Bon, on rentre quand même. On fait nos images. On abandonne le cortège ministériel pour filmer à tout va. On s'en fout de la visite, on veut juste faire notre sujet sur le commerce en ligne avant Noël. De véritables gamins indisciplinés. Les attachés de com sont agacés, nous rappellent à l'ordre, nous demandent de ne pas traîner, de ne pas parler au personnel si possible. A la fin, petit pitch du big boss, l'homme qui valait 1,2 milliard, qu'ils disent. "Nos magnifiques résultats..." bla bla. "Record de colis expédiés..." bla bla. "croissance à deux chiffres..." bla bla "honorés de votre présence Madame la ministre..." bla bla. Petit mot de la ministre. Nous nous jetons ensuite sur le fameux boss qui se met alors à hâter le pas et nous ignorer. Regard baissé, mains pour se cacher genre Kate Moss, "non" bredouillant, directeur de com qui tente de s'interposer, ministre gênée, big boss qui fuit face à la peste de la presse qui l'assaille.
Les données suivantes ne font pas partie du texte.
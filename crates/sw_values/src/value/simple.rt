// Values without parts, which pass no limit.
ghost use Rattle.std.specs.Prelude.{◌≡◌};
ghost use Rattle.sw_units.specs.Numbers.{plain};
ghost use Rattle.sw_values.specs.declared.plain.Plain.TheVariants as P;

use super::{Node, Value};
use sw_fixed::Fixed;
use sw_units::{Number, Units};

impl Value {
    /// A number that is no quotient with sides. Takes no memory.
    pub fn number(value: Fixed, units: Units) -> Value
        ensures { result ≡ P.Number (plain units value) }
    {
        Value {
            node: Node::Number(Number::plain(value, units)),
            weight: 1,
            nesting: 1,
        }
    }

    /// True or false. Takes no memory.
    pub fn of_truth(truth: bool) -> Value
        ensures { result ≡ P.Bool truth }
    {
        Value {
            node: Node::Bool(truth),
            weight: 1,
            nesting: 1,
        }
    }

    /// Takes no memory.
    pub fn null() -> Value
        ensures { result ≡ P.Null }
    {
        Value {
            node: Node::Null,
            weight: 1,
            nesting: 1,
        }
    }
}
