// Any value as a list.
ghost use Rattle.std.specs.Prelude.{◌≡◌, ◌+◌, ◌≤◌, ◌∷◌, [], IfOk, map, sum_by};
ghost use Rattle.sw_values.specs.Items.{items_of, pair_list as pair_as};
ghost use Rattle.sw_values.specs.Sizes.{pair_weight, pair_nest};
ghost use Rattle.sw_values.specs.Weight.{greatest_by, most, deepest};

use super::{Node, Value, shares};
use crate::Separator;
use std::alloc::Global;
use sw_text::{List, Memory, Shared};

impl Value {
    /// The items of the value, each with one more owner: those of a list, the pairs of a map as lists of a key and its
    /// value with a space between, and any other value itself (Sass reference documentation, "Lists").
    #[tactic(auto, unfolding(crate::specs::Items::items_of))]
    pub fn items(&self, alloc: Global) -> Result<List<Value>, Memory>
        ensures { IfOk result (λ items. items ≡ items_of self.now) }
    {
        match self.node() {
            Node::Number(_) => alone(alloc, self),
            Node::Text { .. } => alone(alloc, self),
            Node::Colour(_) => alone(alloc, self),
            Node::List { items, .. } => shares(alloc, items.get().as_slice()),
            Node::Map(pairs) => {
                // The map is neither too heavy nor too deep, so its pairs aren't.
                let _weight = self.weight();
                let _nesting = self.nesting();
                pair_lists(alloc, pairs.as_slice())
            }
            Node::Bool(_) => alone(alloc, self),
            Node::Null => alone(alloc, self),
            Node::Args { items, .. } => shares(alloc, items.get().as_slice()),
        }
    }
}

fn alone(alloc: Global, value: &Value) -> Result<List<Value>, Memory>
    ensures { IfOk result (λ items. items ≡ value.now ∷ []) }
{
    let mut items = List::new(alloc);
    items.push(value.share()?)?;
    Ok(items)
}

// The pairs of a map as lists.
fn pair_lists(alloc: Global, pairs: &[(Value, Value)]) -> Result<List<Value>, Memory>
    requires light { sum_by pair_weight pairs.now + 1 ≤ most }
    requires flat { greatest_by pair_nest pairs.now + 1 ≤ deepest }
    ensures { IfOk result (λ items. items ≡ map pair_as pairs.now) }
{
    let mut items = List::new(alloc);
    'pairs: for at in 0..pairs.len() {
        items.push(pair_list(alloc, &pairs[at])?)?;
    }
    Ok(items)
}

// A key and its value, with a space between. They are no heavier and no deeper than their map.
fn pair_list(alloc: Global, pair: &(Value, Value)) -> Result<Value, Memory>
    requires light { pair_weight pair.now + 1 ≤ most }
    requires flat { pair_nest pair.now + 1 ≤ deepest }
    ensures { IfOk result (λ list. list ≡ pair_as pair.now) }
{
    let weight = pair.0.weight() + pair.1.weight() + 1;
    let nesting = pair.0.nesting().max(pair.1.nesting()) + 1;
    let items = both_of(alloc, pair)?;
    Ok(Value {
        node: Node::List {
            items,
            separator: Separator::Space,
            bracketed: false,
        },
        weight,
        nesting,
    })
}

fn both_of(alloc: Global, pair: &(Value, Value)) -> Result<Shared<List<Value>>, Memory>
    ensures { IfOk result (λ both. both ≡ pair.now.0 ∷ pair.now.1 ∷ []) }
{
    let mut both = List::new(alloc);
    both.push(pair.0.share()?)?;
    both.push(pair.1.share()?)?;
    Shared::new(alloc, both)
}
Révoltés, on se venge sur la ministre qui elle, est bien là pour communiquer. Elle doit partir, le patron revient pour la raccompagner. Il nous évite, quelques journalistes le coincent entre les petits fours et leurs objectifs, l'un deux s'acharne avec ses questions, crie plus fort que la com, et là, acculé, un son chevrotant sort de sa gorge nouée. Il nous dit quelques banalités, un véritable communiqué de presse en version vocale. Ah ah, on l'a bien eu, on l'a gagné notre son ! Bon, on n'a rien appris, on n'a rien pu demander non plus, tout ceci ne fut qu'une minable opération de communication ratée, mais bon, c'est nous qui décidons, tout de même !
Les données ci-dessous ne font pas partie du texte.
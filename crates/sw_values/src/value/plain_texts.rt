// How values that hold no others are written in CSS.
ghost use Rattle.std.specs.Prelude.{◌≡◌, ◌++◌, IfOk, OnOk, None, codes, chars, encode_utf8_all};
ghost use Rattle.std.specs.Str.{IsAscii};
ghost use Rattle.std.specs.String.{string_bytes};
ghost use Rattle.sw_values.specs.Texts.{names_text, under_text, plain_text, number_text, one_at_most, plain_is_css, number_is_css, truth_text};
ghost use Rattle.sw_values.specs.Strings.{string_text, string_chars};
ghost use Rattle.sw_values.specs.Written.{appended};
ghost use Rattle.sw_colour.specs.Text.{css_text as colour_text};
ghost use Rattle.sw_fixed.specs.Text.{text_of as fixed_text};

use crate::strings::{folded, quoted};
use crate::written::Written;
use std::alloc::{AllocError, Global};
use std::str;
use sw_colour::Colour;
use sw_fixed::Fixed;
use sw_text::Memory;
use sw_units::{Number, Slash, UnitNames};

// ---- numbers

// Appends bytes of ASCII.
fn push_ascii(out: &mut String, bytes: &[u8]) -> Result<(), Memory>
    requires { IsAscii bytes.now }
    ensures { OnOk result (string_bytes out.new ≡ string_bytes out.old ++ bytes.now) }
{
    match str::from_utf8(bytes) {
        Ok(text) => {
            out.push_str(text)?;
            Ok(())
        }
        Err(_) => unreachable!(),
    }
}

fn write_fixed(alloc: Global, out: &mut String, value: Fixed) -> Result<(), Memory>
    ensures { OnOk result (string_bytes out.new ≡ string_bytes out.old ++ fixed_text value) }
{
    // It is in its range, so it has few digits.
    let _mantissa = value.mantissa();
    let mut text = Vec::new(alloc);
    value.write_into(&mut text)?;
    push_ascii(out, text.as_slice())
}

fn write_names(out: &mut String, names: &UnitNames) -> Result<(), Memory>
    ensures { OnOk result (string_bytes out.new ≡ string_bytes out.old ++ names_text names.now) }
{
    match names {
        UnitNames::Empty => Ok(()),
        UnitNames::One(first) => {
            out.push_str(first.as_str())?;
            Ok(())
        }
        UnitNames::Two(first, second) => {
            out.push_str(first.as_str())?;
            out.push_str("*")?;
            out.push_str(second.as_str())?;
            Ok(())
        }
    }
}

fn write_under(out: &mut String, names: &UnitNames) -> Result<(), Memory>
    ensures { OnOk result (string_bytes out.new ≡ string_bytes out.old ++ under_text names.now) }
{
    match names {
        UnitNames::Empty => Ok(()),
        UnitNames::One(_) => {
            out.push_str("/")?;
            write_names(out, names)
        }
        UnitNames::Two(_, _) => {
            out.push_str("/")?;
            write_names(out, names)
        }
    }
}

fn write_plain(alloc: Global, out: &mut String, number: &Number) -> Result<(), Memory>
    ensures { OnOk result (string_bytes out.new ≡ string_bytes out.old ++ plain_text number.now) }
{
    write_fixed(alloc, out, number.value)?;
    write_names(out, &number.units.over)?;
    write_under(out, &number.units.under)
}

fn push_plain(alloc: Global, out: &mut Written, number: &Number) -> Result<(), Memory>
    ensures { OnOk result (out.new ≡ appended out.old (plain_text number.now)) }
{
    let mut text = String::new(alloc);
    write_plain(alloc, &mut text, number)?;
    out.push(text.as_str())
}

#[cycle(numbers)]
#[tactic(auto, using(crate::proofs::Appending::stays_long), unfolding(crate::specs::Texts::number_text))]
pub(crate) fn write_number(
    alloc: Global,
    out: &mut Written,
    levels: u16,
    number: &Number,
) -> Result<(), Memory>
    ensures { OnOk result (out.new ≡ appended out.old (number_text levels number.now)) }
{
    if out.is_long() {
        return Ok(());
    }
    if levels == 0 {
        return push_plain(alloc, out, number);
    }
    match &number.slash {
        Slash::Plain => push_plain(alloc, out, number),
        Slash::Sides(sides) => write_sides(alloc, out, levels - 1, sides.get()),
    }
}

#[cycle(numbers)]
#[tactic(auto, using(crate::proofs::Appending::joined_three))]
fn write_sides(
    alloc: Global,
    out: &mut Written,
    levels: u16,
    sides: &(Number, Number),
) -> Result<(), Memory>
    ensures { OnOk result (out.new
        ≡ appended out.old (number_text levels sides.now.0 ++ codes "/" ++ number_text levels sides.now.1)) }
{
    write_number(alloc, out, levels, &sides.0)?;
    out.push("/")?;
    write_number(alloc, out, levels, &sides.1)
}

fn one_at_most(names: &UnitNames) -> bool
    ensures { result ≡ one_at_most names.now }
{
    match names {
        UnitNames::Empty => true,
        UnitNames::One(_) => true,
        UnitNames::Two(_, _) => false,
    }
}

fn plain_is_css(number: &Number) -> bool
    ensures { result ≡ plain_is_css number.now }
{
    one_at_most(&number.units.over) && number.units.under.is_empty()
}

#[tactic(auto, unfolding(crate::specs::Texts::number_is_css))]
pub(crate) fn number_is_css(levels: u16, number: &Number) -> bool
    ensures { result ≡ number_is_css levels number.now }
{
    if levels == 0 {
        return plain_is_css(number);
    }
    match &number.slash {
        Slash::Plain => plain_is_css(number),
        Slash::Sides(sides) => {
            let sides = sides.get();
            number_is_css(levels - 1, &sides.0) && number_is_css(levels - 1, &sides.1)
        }
    }
}

// ---- strings and colours

// A string as CSS writes it.
#[tactic(auto, unfolding(crate::specs::Strings::string_text))]
fn string_text(alloc: Global, text: &str, is_quoted: bool) -> Result<String, AllocError>
    ensures { IfOk result (λ out. string_bytes out ≡ string_text text.now is_quoted) }
{
    let chars = chars_of(alloc, text)?;
    let out = string_chars(alloc, chars.as_slice(), is_quoted)?;
    text_of(alloc, out.as_slice())
}

// The characters of a text.
fn chars_of(alloc: Global, text: &str) -> Result<Vec<char>, AllocError>
    ensures { IfOk result (λ out. out.items ≡ chars text.now) }
{
    text.chars().collect(alloc)
}

fn string_chars(alloc: Global, chars: &[char], is_quoted: bool) -> Result<Vec<char>, AllocError>
    ensures { IfOk result (λ out. out.items ≡ string_chars chars.now is_quoted) }
{
    if is_quoted {
        quoted(alloc, chars)
    } else {
        folded(alloc, chars)
    }
}

// The text of these characters.
fn text_of(alloc: Global, chars: &[char]) -> Result<String, AllocError>
    ensures { IfOk result (λ out. string_bytes out ≡ encode_utf8_all chars.now) }
{
    let mut out = String::new(alloc);
    for c in chars {
        out.push(*c)?;
    }
    Ok(out)
}

pub(crate) fn write_string(
    alloc: Global,
    out: &mut Written,
    text: &str,
    is_quoted: bool,
) -> Result<(), Memory>
    ensures { OnOk result (out.new ≡ appended out.old (string_text text.now is_quoted)) }
{
    let written = string_text(alloc, text, is_quoted)?;
    out.push(written.as_str())
}

// Appends the text of a colour that isn't spelt.
fn push_computed(alloc: Global, out: &mut String, colour: &Colour) -> Result<(), Memory>
    requires { colour.now.spelt ≡ None }
    ensures { OnOk result (string_bytes out.new ≡ string_bytes out.old ++ colour_text colour.now) }
{
    // Each is in its range, so it has few digits.
    let _red = colour.red();
    let _green = colour.green();
    let _blue = colour.blue();
    let _alpha = colour.alpha().mantissa();
    let mut text = Vec::new(alloc);
    colour.write_into(&mut text)?;
    push_ascii(out, text.as_slice())
}

fn colour_text(alloc: Global, colour: &Colour) -> Result<String, Memory>
    ensures { IfOk result (λ out. string_bytes out ≡ colour_text colour.now) }
{
    let mut out = String::new(alloc);
    match colour.spelt() {
        Some(text) => out.push_str(text.as_str())?,
        None => push_computed(alloc, &mut out, colour)?,
    }
    Ok(out)
}

pub(crate) fn write_colour(alloc: Global, out: &mut Written, colour: &Colour) -> Result<(), Memory>
    ensures { OnOk result (out.new ≡ appended out.old (colour_text colour.now)) }
{
    let text = colour_text(alloc, colour)?;
    out.push(text.as_str())
}

fn truth_text(truth: bool) -> &'static str
    ensures { result.now ≡ truth_text truth }
{
    if truth { "true" } else { "false" }
}

pub(crate) fn write_truth(out: &mut Written, truth: bool) -> Result<(), Memory>
    ensures { OnOk result (out.new ≡ appended out.old (truth_text truth)) }
{
    out.push(truth_text(truth))
}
Cette petite anecdote pour dire quoi : comment aujourd'hui en France et dans notre société de communication, une boîte qui fait des milliards de chiffre d'affaires peut-elle encore se refuser à parler à des journalistes qu'elle a elle-même acceptés de recevoir, voire invités (ça ne se passerait pas comme ça aux States, moi je vous le dis) ? Au final, leur plan com est-il planté ou implicitement réussi ? Après tout, personne n'a réellement pu raconter le ridicule de la situation et de l'attitude des dirigeants. Et dans quelle mesure, nous journalistes, devons-nous dénoncer ce genre de manipulation ? On nous invite, a priori, c'est pour que nous puissions travailler, et parce que le sujet, le lieu ont un intérêt, une actualité. Mais on ne nous parle pas (pour ne pas être confronté aux questions qui dérangent), et on ne nous montre que ce que l'on veut bien nous montrer. Doit-on protester et partir, avec notre micro sous le bras, en les traitant de....biiiiip ? Doit-on rester, pour tenter de faire notre métier, tenter de raconter quelque chose, de creuser derrière la façade (facile, évidemment, en 45 minutes d'une visite menée au pas de charge) ? Doit-on carrément boycotter ce genre de barnum médiatique ? Doit-on insister, comme certains l'ont heureusement fait (et même pour pas grand chose), juste histoire de dire que notre métier, c'est encore de poser les questions qu'on veut à qui l'on veut, et encore plus aux puissants ? Et est-ce que tout le monde est tenu de nous répondre ?

Nous avons de gros problèmes et de grands questionnement, me direz-vous...(je sens que vous avez envie de me le dire !). Mais le débat est réel, dans ce genre de situations comme lors des innombrables visites ministérielles, communications politiques, portes ouvertes, invitations, et autres sollicitations de médias. Je sers la soupe, parfois, comme tout le monde. D'autres fois, je zappe. Mais je me pose toujours la question. Ouf ?

Très belles fêtes à tous <3 <3

Pau.

ps : bon ben du coup, la photo, ce sont les pieds des dirigeants and co. A défaut de pouvoir les écouter, on se contentera de leurs chaussures.